SAN FRANCISCO--(BUSINESS WIRE)--New Culture, the San Francisco startup making animal-free dairy cheese, has today announced the closing of $3.5 million in seed round funding.
The startup, which was founded in late 2018, uses fermentation instead of animals to make dairy proteins. With the addition of plant-based fats, sugars and the traditional cheesemaking process, New Culture is making dairy cheese that is sustainable, healthy, ethical and indistinguishable from animal-based dairy cheese in taste, texture and function.
Coming out of the successful biotech accelerator program IndieBio, which other innovative food startups such as Memphis Meats, Clara Foods and New Age Meats have graduated from, New Culture was quick to raise a highly sought after seed round.
The round was led by Evolv Ventures, the $100 million venture fund backed by Kraft Heinz investing in emerging tech companies transforming the food industry. Other investors in the round include Bee Partners, Mayfield, CPT Capital, Boost VC and SOSV who followed on after its initial pre-seed investment through IndieBio.

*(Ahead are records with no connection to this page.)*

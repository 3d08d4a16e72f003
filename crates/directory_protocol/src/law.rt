//! A directory as a protocol.
ghost use Rattle.std.specs.Prelude.{◌≡◌, ◌≤◌, ◌<◌, ◌+◌, sum};
ghost use Rattle.directory_law.specs.declared.view.GivenTo.TheVariants.{Seats, Tickets};
ghost use Rattle.directory_law.specs.Payloads.{IsOwn};
ghost use Rattle.directory_law.specs.Views.{gone, joined};
ghost use Rattle.directory_law.specs.Cells.{area};
ghost use Rattle.directory_law.specs.Law.{DirectoryLaw as Law};
ghost use Rattle.directory_law.specs.Owned.{first_view};
ghost use Rattle.directory_law.proofs.Start.{starts};
ghost use Rattle.directory_law.proofs.Quiet.{calm_keeps};
ghost use Rattle.directory_law.proofs.Leave.{leave_keeps};
ghost use Rattle.directory_law.proofs.Foreign.{foreign_keeps};
ghost use Rattle.directory_law.proofs.Bytes.{area_sum};

use crate::record_kind::RecordKind;
use directory_law::{GivenTo, View};
use protocol_pairs::Protocol;

/// The law of one directory over a range of weak cells, with a number of interns for each seat or each ticket.
#[derive(Debug, Drop)]
pub struct DirectoryLaw {
    /// The first weak cell of the range.
    pub first: u32,
    /// How many they are.
    pub cells: u32,
    pub interns: Vec<u64>,
    pub to: GivenTo,
    pub ghost fits: { sum interns.items ≤ cells },
}

impl DirectoryLaw {
    /// Seat n begins with `interns[n]` interns, or none where there is no such number.
    pub fn new(first: u32, cells: u32, interns: Vec<u64>) -> DirectoryLaw
        requires { sum interns.items ≤ cells }
        ensures cells { (result.first ≡ first) × (result.cells ≡ cells) }
        ensures interns { (result.interns ≡ interns) × (result.to ≡ Seats) }
    {
        DirectoryLaw {
            first,
            cells,
            interns,
            to: GivenTo::Seats,
        }
    }

    /// Seats begin with no intern; the seat that draws ticket t has `interns[t]` more, or none where there is no such
    /// number.
    pub fn granted(first: u32, cells: u32, interns: Vec<u64>) -> DirectoryLaw
        requires { sum interns.items ≤ cells }
        ensures cells { (result.first ≡ first) × (result.cells ≡ cells) }
        ensures interns { (result.interns ≡ interns) × (result.to ≡ Tickets) }
    {
        DirectoryLaw {
            first,
            cells,
            interns,
            to: GivenTo::Tickets,
        }
    }

    /// No more interns are given than there are cells. The call does nothing.
    #[tactic(auto, using(directory_law::proofs::Bytes::area_sum))]
    pub fn has_room(&self)
        ensures { let z = area self.now.first self.now.cells self.now.interns.items self.now.to in
            sum z.interns + sum z.grants ≤ self.now.cells }
    {}
}

impl Protocol for DirectoryLaw {
    type View = View;

    type Kind = RecordKind;

    ghost first = { λ it. first_view (area it.first it.cells it.interns.items it.to) };

    ghost law = { λ it. Law (area it.first it.cells it.interns.items it.to) };

    ghost joined = { λ it. joined };

    ghost gone = { gone };

    ghost owns_cell = { λ it i. ⊥ };

    ghost owns_weak_cell = { λ it i. (it.first ≤ i) × (i < it.first + it.cells) };

    ghost owns_payload = { λ it. IsOwn };

    ghost owns_tickets = { λ it. ⊥ };

    ghost start = { λ it. starts (area it.first it.cells it.interns.items it.to) };

    ghost calm = { λ it. calm_keeps (area it.first it.cells it.interns.items it.to) };

    ghost leave = { λ it. leave_keeps (area it.first it.cells it.interns.items it.to) };

    ghost foreign = { λ it. foreign_keeps (area it.first it.cells it.interns.items it.to) };
}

Matt Gibson, CEO and co-founder of New Culture announced, “It’s fantastic to have the support of our investors as we look to grow the company and scale New Culture’s unique fermentation technology. We want to disrupt one of the oldest and largest food industries in the world by producing a better dairy cheese for anyone to enjoy - whether you’re a cheese lover, lactose-intolerant, vegan, environmentally conscious or health-conscious. The capital, knowledge and network our investors bring to New Culture enables us to begin doing that.”
Steve Sanger, a General Partner at Evolv Ventures explains, “We’re excited to lead the seed round for New Culture. We have been impressed by what the team accomplished during IndieBio in a short period of time and look forward to supporting their vision to produce animal-free dairy cheese. This is another example of our focus on investing in the leading companies across the food value chain.”
Gibson and co-founder Inja Radman, New Culture’s CSO, started New Culture to address two key problems, the unsustainability of current dairy cheese production and the lack of companies working on a viable alternative cheese product.
Radman says, “Fully plant-based cheese doesn’t work, and we know why. It lacks the crucial component which gives dairy cheese its signature properties, and that is the casein micelle, a supramolecular structure of dairy proteins that are found only in mammalian milk. We are developing the technology to make those casein micelles without involving animals in the process.”
New Culture will remain in the San Francisco Bay Area as it looks to set up an R&D and fermentation facility while also growing its team.
“We’re really excited about what the next 18 - 24 months holds for New Culture,” Gibson says. “We are experiencing one of the most significant and important food movements of our time. We are fortunate to be in a position to join other fantastic companies in building a more efficient and sustainable global food industry.”